Selasa, 04 Januari 2011

manis, asem, asin dan pedasnya cinta


Langit adalah seorang pemuda penjual rujak keliling.Di siang ini, ia menjajakan rujaknya di wilayah perumahan sederhana. Terik matahari yang menyengat seakan tak dirasakan lagi olehnya, mungkin karena tubuhnya telah terbiasa mengecap panasnya dunia.
“rujak.. rujak.. rujakkk..” begitu teriaknya menjajakan dagangannya. Ia berkeliling sepanjang jalan.
“bang… beli rujaknya!” terdengar panggilan seorang wanita dari belakang. Sekejap saja langit berhenti dan menoleh kearah asal suara itu.

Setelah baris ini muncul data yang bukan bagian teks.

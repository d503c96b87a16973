//! The board: which spot is settled next.

ghost use Rattle.std.specs.Prelude.{◌≡◌, ◌≤◌, ◌<◌, ◌+◌, ◌*◌, length, map, IfOk, slice_index};
ghost use Rattle.least_trees.specs.Board.{Wins, Plays, IsBlank, IsWhole, IsWholeFrom, IsWholeBut, IsNext};

use crate::graph::{StepGraph, Worth};
use jats_chars::NoMemory;
use std::alloc::Global;

/// Which of two spots is settled first: one that is not settled before one that is, and the cheaper of two that are not.
fn winner<G: StepGraph>(graph: &G, done: &[bool], values: &[G::Value], a: usize, b: usize) -> usize
    requires lengths { length done.now ≡ length values.now }
    requires left { a < length done.now }
    requires right { b < length done.now }
    ensures { Wins done.now (map G.Value.cost values.now) a b result }
{
    if done[a] {
        return b;
    }
    if done[b] {
        return a;
    }
    if graph.less(values[b], values[a]) {
        b
    } else {
        a
    }
}

/// Fills one place of the board from the two below it.
fn play<G: StepGraph>(
    graph: &G,
    done: &[bool],
    values: &[G::Value],
    winners: &mut [usize],
    at: usize,
)
    requires lengths { length done.now ≡ length values.now }
    requires size { length winners.old ≡ length done.now + length done.now }
    requires above { at < length done.now }
    requires left { slice_index winners.old (2 * at) < length done.now }
    requires right { slice_index winners.old (2 * at + 1) < length done.now }
    ensures { Plays done.now (map G.Value.cost values.now) winners.old at winners.new }
{
    let won = winner(graph, done, values, winners[2 * at], winners[2 * at + 1]);
    winners[at] = won;
}

/// Fills the places above a spot anew, after its cost was lowered or it was settled.
pub(crate) fn replay<G: StepGraph>(
    graph: &G,
    done: &[bool],
    values: &[G::Value],
    winners: &mut [usize],
    y: usize,
)
    requires lengths { length done.now ≡ length values.now }
    requires spot { y < length done.now }
    requires board { IsWholeBut (length done.now + y) (length done.now + y) done.now (map G.Value.cost values.now) winners.old }
    ensures { IsWhole done.now (map G.Value.cost values.now) winners.new }
{
    let mut at = done.len() + y;
    while at > 1 {
        at /= 2;
        play(graph, done, values, winners, at);
    }
}

/// The board of spots that are set up.
fn set_up<G: StepGraph>(graph: &G, done: &[bool], values: &[G::Value], winners: &mut [usize])
    requires lengths { length done.now ≡ length values.now }
    requires board { IsWholeFrom (length done.now) done.now (map G.Value.cost values.now) winners.old }
    ensures { IsWhole done.now (map G.Value.cost values.now) winners.new }
{
    let mut at = done.len();
    while at > 1 {
        at -= 1;
        play(graph, done, values, winners, at);
    }
}

/// A board without winners: the spots stand in its second half.
fn empty_board(alloc: Global, count: usize) -> Result<Vec<usize>, NoMemory>
    ensures { IfOk result (λ v. IsBlank count v.items) }
{
    let mut winners = Vec::new(alloc);
    for k in 0..count {
        winners.push(k)?;
    }
    for y in 0..count {
        winners.push(y)?;
    }
    Ok(winners)
}

/// The board of these spots.
pub(crate) fn board<G: StepGraph>(
    alloc: Global,
    graph: &G,
    done: &[bool],
    values: &[G::Value],
) -> Result<Vec<usize>, NoMemory>
    requires lengths { length done.now ≡ length values.now }
    ensures { IfOk result (λ v. IsWhole done.now (map G.Value.cost values.now) v.items) }
{
    let mut winners = empty_board(alloc, done.len())?;
    set_up(graph, done, values, winners.as_mut_slice());
    Ok(winners)
}

/// The spot that is settled next, or None exactly where no spot that is not settled has a finite cost.
pub(crate) fn next<G: StepGraph>(
    graph: &G,
    done: &[bool],
    values: &[G::Value],
    winners: &[usize],
) -> Option<usize>
    requires lengths { length done.now ≡ length values.now }
    requires board { IsWhole done.now (map G.Value.cost values.now) winners.now }
    ensures { IsNext done.now (map G.Value.cost values.now) result }
{
    if done.is_empty() {
        return None;
    }
    let first = winners[1];
    if done[first] {
        return None;
    }
    if graph.less(values[first], graph.inf()) {
        Some(first)
    } else {
        None
    }
}
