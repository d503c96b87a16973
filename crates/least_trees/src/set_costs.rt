//! The least costs of a set.

ghost use Rattle.std.specs.Prelude.{◌≡◌, ◌≤◌, ◌+◌, ◌^◌, ◌<◌, IfOk, map};
ghost use Rattle.tree_costs.specs.Leasts.{IsExact};
ghost use Rattle.least_trees.specs.SetRows.{least_row};

use crate::decl_graph::DeclGraph;
use crate::rows::least_counted;
use crate::settled::SettledRow;
use decl_set::DeclSet;
use jats_chars::{ListOf, NoMemory};
use std::alloc::Global;
use tree_costs::{Cost, Least, LeastRow, LeastRows};

fn copy_row(alloc: Global, row: &SettledRow<Cost>) -> Result<LeastRow, NoMemory>
    ensures { IfOk result (λ it. it ≡ least_row row.now) }
{
    let p = Vec::from_slice(alloc, row.p.as_slice())?;
    Ok(LeastRow {
        m: row.m,
        p: ListOf::from_vec(p),
    })
}

/// The same rows as those of a set.
fn least_rows(alloc: Global, settled: &[SettledRow<Cost>]) -> Result<LeastRows, NoMemory>
    ensures { IfOk result (λ rows. rows ≡ map least_row settled.now) }
{
    let mut rows = LeastRows::new(alloc);
    for row in settled {
        rows.push(copy_row(alloc, row)?)?;
    }
    Ok(rows)
}

/// The least sizes of the documents of a set, and the least sums along its contents, cut at one above a cap.
pub fn least(alloc: Global, set: &DeclSet, cap: u32) -> Result<Least, NoMemory>
    requires { cap ≤ 100000 }
    ensures cap { IfOk result (λ it. it.cap ≡ cap) }
    ensures exact { IfOk result (λ it. IsExact set.now it) }
{
    let _ = set.count();
    let mut graph = DeclGraph::new(set, cap);
    let settled = least_counted(alloc, &mut graph)?;
    let rows = least_rows(alloc, settled.rows.as_slice())?;
    Ok(Least { cap, rows })
}
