//! Least costs of a graph.

ghost use Rattle.std.specs.Prelude.{◌≡◌, ◌+◌, ◌^◌, ◌<◌, ◌≤◌, length, map, IfOk};
ghost use Rattle.least_trees.specs.Plans.{states_in, steps_in};
ghost use Rattle.least_trees.specs.Rows.{AreExact, IsSettled};

use crate::board::board;
use crate::gather::gather;
use crate::graph::{StepGraph, Worth};
use crate::rules::Part;
use crate::solver::settle;
use crate::spots::{Spots, lay_out};
use crate::uses::list_uses;
use jats_chars::{ListOf, NoMemory};
use std::alloc::Global;

/// The values of an element: its own, and one for each of its states.
#[derive(Drop)]
pub struct SettledRow<V> {
    pub m: V,
    pub p: ListOf<V>,
}

/// A row for each element, in order.
#[derive(Drop)]
pub struct Settled<V> {
    pub rows: ListOf<SettledRow<V>>,
}

/// The least costs of the spots of a graph.
pub(crate) fn solve<G: StepGraph>(alloc: Global, graph: &mut G) -> Result<Spots<G::Value>, NoMemory>
    requires looks { G.looks graph.old + steps_in (G.plan graph.old) + states_in (G.plan graph.old) < 2 ^ 63 }
    requires sums { G.sums graph.old + steps_in (G.plan graph.old) + (G.plan graph.old).count < 2 ^ 63 }
    ensures exact { IfOk result (λ s. AreExact (G.plan graph.old) (map G.Value.cost s.values.items) s.firsts.items) }
    ensures same { G.plan graph.new ≡ G.plan graph.old }
    ensures looks { G.looks graph.new ≤ G.looks graph.old + steps_in (G.plan graph.old) + states_in (G.plan graph.old) }
    ensures sums { G.sums graph.new ≤ G.sums graph.old + steps_in (G.plan graph.old) + (G.plan graph.old).count }
{
    let mut spots = lay_out(alloc, graph)?;
    let count = spots.values.len();
    let rules = gather(alloc, graph, spots.firsts.as_slice(), count)?;
    let left = list_uses(alloc, count, rules.as_slice(), Part::Left)?;
    let right = list_uses(alloc, count, rules.as_slice(), Part::Right)?;
    let mut done = vec![in alloc; false; count]?;
    let mut winners = board(alloc, graph, done.as_slice(), spots.values.as_slice())?;
    settle(
        graph,
        rules.as_slice(),
        &left,
        &right,
        done.as_mut_slice(),
        spots.values.as_mut_slice(),
        winners.as_mut_slice(),
    );
    Ok(spots)
}
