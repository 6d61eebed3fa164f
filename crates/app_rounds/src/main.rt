// A program for timing: at most 4,096 records from standard input, run 256 times, each time from fresh with an empty log, and
// no line for a call. It prints how many records a round has, and of all rounds the accepted calls and the bytes of their notes.
#![tactic(auto)]

ghost use Rattle.std.specs.Prelude.{◌≡◌};
ghost use Rattle.spec_rules.specs.Rules.{Rules};

use base_lines::input::read_full;
use spec_kernel::records::Kernel;
use std::io;

// The rounds, the accepted calls and the bytes of their notes, of one round or of all so far.
#[derive(Clone, Copy)]
struct Total {
    rounds: u64,
    accepted: u64,
    bytes: u64,
}

// The whole records of s; a shorter tail is dropped. No call tests the state rules: the first state keeps them, and so does every state
// after it.
// The state to start from comes from outside, by two calls: were it made here, the compiler would take it apart, and copy every state
// after it field by field.
fn round(fresh: Kernel, s: &[u8], log: &mut [u8]) -> Total
    requires { Rules fresh }
    ensures { result.rounds ≡ 1 }
{
    let mut k = fresh;
    let mut used = 0;
    let mut accepted: u64 = 0;
    for bytes in s.as_chunks::<16>().0 {
        let l = replay::recorded(k, *bytes, log, used);
        k = l.kernel;
        used = l.used;
        accepted = accepted.wrapping_add(u64::from(l.answer.number == 0));
    }
    Total {
        rounds: 1,
        accepted,
        bytes: used as u64,
    }
}

// The first of them, and the others.
fn all_rounds(s: &[u8], log: &mut [u8; 1048576]) -> Total
    ensures { result.rounds ≡ 256 }
{
    let fresh = replay::fresh();
    let mut total = round(fresh, s, log);
    for turn in 1..256 {
        let r = round(fresh, s, log);
        total = Total {
            rounds: turn + r.rounds,
            accepted: total.accepted.wrapping_add(r.accepted),
            bytes: total.bytes.wrapping_add(r.bytes),
        };
    }
    total
}

fn main(rt: HostRuntime) -> io::Result<()> {
    let mut log = [0u8; 1048576];
    let mut records = [0u8; 65536];
    let n = read_full(&mut rt.reader(), &mut records)?;
    let Total {
        rounds,
        accepted,
        bytes,
    } = all_rounds(&records[..n], &mut log);
    let whole = n / 16;
    println!(rt; "records {whole} rounds {rounds} accepted {accepted} bytes {bytes}")
}
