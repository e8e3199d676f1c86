//! Documents that are given, and those that they want and that are not at hand, asked for by rounds.
#![tactic(auto)]

pub mod given;
pub mod layers;
mod names;
mod round;
pub mod rounds;
pub mod wants;
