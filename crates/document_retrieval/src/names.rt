//! Texts, of which it is asked whether they are there.

ghost use Rattle.std.specs.Prelude.{◌≡◌, ℕ, List, OnOk, false, bytes_eq, ◌||◌};

use std::alloc::{AllocError, Global};
use std::collections::BTreeMap;

/// Texts, each once.
#[derive(Drop)]
pub struct Names {
    texts: BTreeMap<String, ()>,
}

impl Names {
    ghost use Rattle.document_retrieval.specs.Known.{has_name};

    /// No texts.
    pub fn new(alloc: Global) -> Names
        ensures { (q : List ℕ) → has_name result q ≡ false }
    {
        Names {
            texts: BTreeMap::new(alloc),
        }
    }

    /// Whether a text is there.
    pub fn has(&self, text: &str) -> bool
        ensures { result ≡ has_name self.now text.now }
    {
        self.texts.contains_key(text)
    }

    /// Puts a copy of a text.
    pub fn put(&mut self, alloc: Global, text: &str) -> Result<(), AllocError>
        ensures { OnOk result ((q : List ℕ) → has_name self.new q ≡ (has_name self.old q || bytes_eq text.now q)) }
    {
        self.texts.insert(String::from_str(alloc, text)?, ())?;
        Ok(())
    }
}
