//! Documents as they are given, and as they are prepared.

ghost use Rattle.std.specs.Prelude.{◌≡◌, map, IfOk};
ghost use Rattle.document_index.specs.Seen.{document_of};
ghost use Rattle.document_sources.specs.Given.{document_by, documents_by};
ghost use Rattle.document_sources.specs.Seen.{given_of, contents_view, layer_of};

use document_index::document::{Contents, Document, DocumentName};
use document_sources::document::Document as GivenDocument;
use document_sources::layer::Layer;
use schema_dialects::Dialect;
use std::alloc::{AllocError, Global};
use std::rc::Rc;

// The same contents, shared where they were owned, so that a child registry copies none.
fn shared<'a>(alloc: Global, contents: Contents<'a>) -> Result<Contents<'a>, AllocError>
    ensures { IfOk result (λ c. contents_view c ≡ contents_view contents.entry) }
{
    match contents {
        Contents::Lent(value) => Ok(Contents::Lent(value)),
        Contents::Owned(value) => Ok(Contents::Shared(Rc::new(alloc, value)?)),
        Contents::Shared(value) => Ok(Contents::Shared(value)),
    }
}

// A document of a layer, with the layer's draft where none was given with it.
fn with_draft<'a>(
    alloc: Global,
    given: GivenDocument<'a>,
    layer: Layer,
) -> Result<Document<'a>, AllocError>
    ensures { IfOk result (λ d. document_of d ≡ document_by (layer_of layer) (given_of given.entry)) }
{
    Ok(Document {
        name: DocumentName {
            layer: layer.number,
            uri: given.uri,
        },
        contents: shared(alloc, given.contents)?,
        default: Dialect::standard(layer.siblings, given.draft.unwrap_or(layer.draft)),
    })
}

/// Documents of a layer as they were given, those without a draft of their own with the layer's. No value is copied: what is owned is
/// moved and shared.
///
/// # Errors
///
/// Where memory was refused.
pub fn with_drafts<'a>(
    alloc: Global,
    given: Vec<GivenDocument<'a>>,
    layer: Layer,
) -> Result<Vec<Document<'a>>, AllocError>
    ensures { IfOk result (λ v. map document_of v.items ≡ documents_by (layer_of layer) (map given_of given.entry.items)) }
{
    let mut documents = Vec::new(alloc);
    for document in given {
        documents.push(with_draft(alloc, document, layer)?)?;
    }
    Ok(documents)
}

// A document once more, its contents shared where they are not owned.
fn again<'a>(document: &Document<'a>) -> Result<Document<'a>, AllocError>
    ensures { IfOk result (λ d. document_of d ≡ document_of document.now) }
{
    Ok(Document {
        name: document.name.clone()?,
        contents: document.contents.share()?,
        default: document.default,
    })
}

/// The same documents once more. Contents that are lent or shared are not copied, and no URI is.
///
/// # Errors
///
/// Where memory was refused or a count of owners is full.
pub fn shared_again<'a>(
    alloc: Global,
    documents: &[Document<'a>],
) -> Result<Vec<Document<'a>>, AllocError>
    ensures { IfOk result (λ v. map document_of v.items ≡ map document_of documents.now) }
{
    let mut all = Vec::new(alloc);
    for document in documents {
        all.push(again(document)?)?;
    }
    Ok(all)
}
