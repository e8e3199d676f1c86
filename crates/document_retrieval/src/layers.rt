//! Numbers of layers.

ghost use Rattle.std.specs.Prelude.{◌≡◌, ◌≤◌, ◌^◌, map, IfOk, OnErr};
ghost use Rattle.document_index.specs.Seen.{document_of};
ghost use Rattle.document_retrieval.specs.Layers as spec;

use document_index::document::Document;
use std::alloc::AllocError;

/// The number of a layer above those of all the documents.
///
/// # Errors
///
/// Where a `usize` counts no further.
pub fn layer_above(documents: &[Document<'_>]) -> Result<usize, AllocError>
    ensures ok { IfOk result (λ n. n ≡ spec.layer_above (map document_of documents.now)) }
    ensures refused { OnErr result (2 ^ 64 ≤ spec.layer_above (map document_of documents.now)) }
{
    let mut above: usize = 0;
    for document in documents {
        let Some(next) = document.name.layer.checked_add(1) else {
            return Err(AllocError);
        };
        if above < next {
            above = next;
        }
    }
    Ok(above)
}
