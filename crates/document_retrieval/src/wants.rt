//! What documents want.

ghost use Rattle.std.specs.Prelude.{◌≡◌, ◌++◌, [], ◌∷◌, ℕ, List, map, option_map, IfOk, OnOk, bytes_eq};
ghost use Rattle.std.specs.List.{list_any};
ghost use Rattle.schema_definitions.specs.Words.{listed};
ghost use Rattle.document_index.specs.Seen.{document_of, standing_of};
ghost use Rattle.document_index.specs.Surveys.{Surveys};
ghost use Rattle.schema_definitions.specs.Rounds as rounds;
ghost use Rattle.document_retrieval.specs.Known.{want_of, has_name, is_known_by};

use crate::names::Names;
use document_index::document::Document;
use document_index::index::Index;
use document_index::standing::Standing;
use document_index::survey::Survey;
use schema_dialects::bases::resolved;
use std::alloc::{AllocError, Global};
use std::rc::Rc;
use uri_grammar::components::split_fragment;
use uri_references::uri::Uri;

/// What a document is wanted for.
#[derive(Clone, Copy, Debug, PartialEq, Eq)]
pub enum Purpose {
    /// A `$ref` leads into it.
    Reference,
    /// A `$schema` names it.
    MetaSchema,
}

/// A document that is wanted.
#[derive(Drop)]
pub struct Want {
    pub uri: Rc<Uri>,
    pub purpose: Purpose,
}

// The document that a `$ref` leads into.
fn referred(alloc: Global, standing: &Standing<'_>) -> Result<Option<Uri>, AllocError>
    ensures { IfOk result (λ u. u ≡ rounds.referred (standing_of standing.now)) }
{
    let place = &standing.place;
    match place.reference() {
        Some(reference) => resolved(alloc, &place.base, split_fragment(reference).0),
        None => Ok(None),
    }
}

fn wanted_at(alloc: Global, standing: &Standing<'_>) -> Result<Option<Want>, AllocError>
    ensures { IfOk result (λ w. listed (option_map want_of w) ≡ rounds.wanted_at (standing_of standing.now)) }
{
    if let Some(uri) = &standing.place.awaits {
        return Ok(Some(Want {
            uri: Rc::new(alloc, uri.clone()?)?,
            purpose: Purpose::MetaSchema,
        }));
    }
    match referred(alloc, standing)? {
        Some(uri) => Ok(Some(Want {
            uri: Rc::new(alloc, uri)?,
            purpose: Purpose::Reference,
        })),
        None => Ok(None),
    }
}

fn is_known(index: &Index, names: &Names, uri: &str) -> bool
    ensures { result ≡ is_known_by index.now names.now uri.now }
{
    index.bearer(uri).is_some() || names.has(uri)
}

// What a place wants is pushed where it is not known, and known from then on.
fn push_wanted(
    alloc: Global,
    index: &Index,
    names: &mut Names,
    wants: &mut Vec<Want>,
    standing: &Standing<'_>,
) -> Result<(), AllocError>
    ensures { OnOk result ((rest : List rounds.Want)
        → (map want_of wants.new.items ++ rounds.further (is_known_by index.now names.new) rest)
        ≡ (map want_of wants.old.items ++ rounds.further (is_known_by index.now names.old)
        (rounds.wanted_at (standing_of standing.now) ++ rest))) }
{
    if let Some(want) = wanted_at(alloc, standing)? {
        if !is_known(index, names, want.uri.as_str()) {
            names.put(alloc, want.uri.as_str())?;
            wants.push(want)?;
        }
    }
    Ok(())
}

// The URIs of the documents.
fn names_of(alloc: Global, documents: &[Document<'_>]) -> Result<Names, AllocError>
    ensures { IfOk result (λ names. (q : List ℕ)
        → has_name names q ≡ list_any (λ d. bytes_eq d.uri q) (map document_of documents.now)) }
{
    let mut names = Names::new(alloc);
    for document in documents {
        names.put(alloc, document.name.uri.as_str())?;
    }
    Ok(names)
}

// What documents want and is not at hand, each URI once, in the order met. They are read under all that they tell of meta-schemas. It takes
// a few look-ups in maps for each schema place that is not plain.
pub(crate) fn wants_of(
    alloc: Global,
    documents: &[Document<'_>],
    survey: &Survey<'_>,
) -> Result<Vec<Want>, AllocError>
    requires { Surveys survey.now (map document_of documents.now) }
    ensures { IfOk result (λ v. map want_of v.items ≡ rounds.wants (map document_of documents.now)) }
{
    let mut names = names_of(alloc, documents)?;
    let mut wants = Vec::new(alloc);
    for standing in &survey.places {
        push_wanted(alloc, &survey.index, &mut names, &mut wants, standing)?;
    }
    Ok(wants)
}
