//! One round of retrieval.

ghost use Rattle.std.specs.Prelude.{◌≡◌, ◌⊎◌, ◌++◌, ◌∷◌, [], map, IfOk, IfErr, OnOk};
ghost use Rattle.serde_json.specs.View.{view};
ghost use Rattle.document_index.specs.Seen.{document_of, contents_view};
ghost use Rattle.document_sources.specs.Causes.{IsMemory, IsRefusal, NamesDocument};
ghost use Rattle.document_sources.specs.Seen.{layer_of};
ghost use Rattle.document_retrieval.specs.Known.{want_of};
ghost use Rattle.document_retrieval.specs.Stages.{asking, documents_in, uris_in, IsAnswer, HasAnswer, Adds};
ghost use Rattle.document_retrieval.specs.Stages.{RefusesWant, RefusesRound};

use crate::rounds::Retrieved;
use crate::wants::{Purpose, Want};
use document_index::document::{Contents, Document, DocumentName};
use document_sources::Retrieve;
use document_sources::error::{Error, RetrieveError};
use document_sources::layer::Layer;
use document_sources::named::{not_retrieved, unknown_specification};
use schema_dialects::Dialect;
use serde_json::Value;
use std::alloc::{AllocError, Global};
use std::rc::Rc;
use uri_references::uri::Uri;

// What documents are refused for where nobody gives the one that is wanted.
fn refusal(alloc: Global, want: &Want, source: RetrieveError) -> Error
    requires { IsRefusal source }
    ensures { IsMemory result ⊎ NamesDocument (want_of want.now).cause result }
{
    match want.purpose {
        Purpose::Reference => not_retrieved(alloc, want.uri.as_str(), source),
        Purpose::MetaSchema => unknown_specification(alloc, want.uri.as_str()),
    }
}

// An answer, shared from the first.
fn shared<'a>(alloc: Global, value: Value) -> Result<Contents<'a>, AllocError>
    ensures { IfOk result (λ c. contents_view c ≡ view value) }
{
    Ok(Contents::Shared(Rc::new(alloc, value)?))
}

fn answer_to<'a, R: Retrieve>(
    alloc: Global,
    want: &Want,
    layer: Layer,
    retriever: &R,
) -> Result<Document<'a>, Error>
    ensures ok { IfOk result (λ d. IsAnswer (asking R.may_answer R.may_refuse retriever.now (layer_of layer))
        (want_of want.now) (document_of d)) }
    ensures refused { IfErr result (λ e. IsMemory e ⊎ RefusesWant
        (asking R.may_answer R.may_refuse retriever.now (layer_of layer)) (want_of want.now) e) }
{
    match retriever.retrieve(alloc, &want.uri) {
        Ok(value) => Ok(Document {
            name: DocumentName {
                layer: layer.number,
                uri: want.uri.clone()?,
            },
            contents: shared(alloc, value)?,
            default: Dialect::standard(layer.siblings, layer.draft),
        }),
        Err(error) => match error {
            RetrieveError::Memory => Err(Error::Memory),
            source => Err(refusal(alloc, want, source)),
        },
    }
}

// A document and its URI, behind the others.
fn keep<'a>(
    gathered: &mut Retrieved<'a>,
    document: Document<'a>,
    uri: Rc<Uri>,
) -> Result<(), AllocError>
    ensures documents { OnOk result (documents_in gathered.new ≡ documents_in gathered.old
        ++ document_of document.entry ∷ []) }
    ensures uris { OnOk result (uris_in gathered.new ≡ uris_in gathered.old ++ uri.value ∷ []) }
{
    gathered.documents.push(document)?;
    gathered.uris.push(uri)?;
    Ok(())
}

// The answer to one want, behind the documents.
fn push_answer<R: Retrieve>(
    alloc: Global,
    gathered: &mut Retrieved<'_>,
    want: &Want,
    layer: Layer,
    retriever: &R,
) -> Result<(), Error>
    ensures ok { OnOk result (HasAnswer (asking R.may_answer R.may_refuse retriever.now (layer_of layer))
        (want_of want.now) gathered.old gathered.new) }
    ensures refused { IfErr result (λ e. IsMemory e ⊎ RefusesWant
        (asking R.may_answer R.may_refuse retriever.now (layer_of layer)) (want_of want.now) e) }
{
    let document = answer_to(alloc, want, layer, retriever)?;
    keep(gathered, document, want.uri.clone()?)?;
    Ok(())
}

/// The answers to all that is wanted, behind the documents, where no more are retrieved than the limit.
///
/// # Errors
///
/// Where more are wanted, where the retriever refuses one, or where memory was refused.
pub fn push_round<R: Retrieve>(
    alloc: Global,
    gathered: &mut Retrieved<'_>,
    wants: &[Want],
    layer: Layer,
    retriever: &R,
    limit: u64,
) -> Result<(), Error>
    ensures ok { OnOk result (Adds (asking R.may_answer R.may_refuse retriever.now (layer_of layer)) limit
        (map want_of wants.now) gathered.old gathered.new) }
    ensures refused { IfErr result (λ e. IsMemory e ⊎ RefusesRound
        (asking R.may_answer R.may_refuse retriever.now (layer_of layer)) limit
        (map want_of wants.now) gathered.old e) }
{
    if wants.len() as u64 > limit.saturating_sub(gathered.uris.len() as u64) {
        return Err(Error::RetrievalLimit { limit });
    }
    for want in wants {
        push_answer(alloc, gathered, want, layer, retriever)?;
    }
    Ok(())
}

Tertagum dan terpesona sambil berucap didalam hatinya “subhanallah.. sungguh hampir sempurna tuhan menciptakan makhluk yang seindah itu, bagaikan embun pagi yang menyegarkan mata .” ucapnya kagum.
Ternyata wanita itu adalah Bening, seorang wanita dengan paras cantik,berkulit kuning langsat dibalut senyuman manis dan gigi gisungnya.
“bang beli rujaknya tapi jangan ada bengkoang nya ya?” ucapnya . Tersadar langit dari kagum mendadaknya.
“ o. iya, akan saya buatkan. Mbak gak suka bengkoang ya?”
“iya, saya kurang suka bengkoang..” jawab Bening.
Sambil membuatkan pesanan, Langit coba beranikan diri meminta berkenalan dengannya, dengan tersenyum bening menyambutnya.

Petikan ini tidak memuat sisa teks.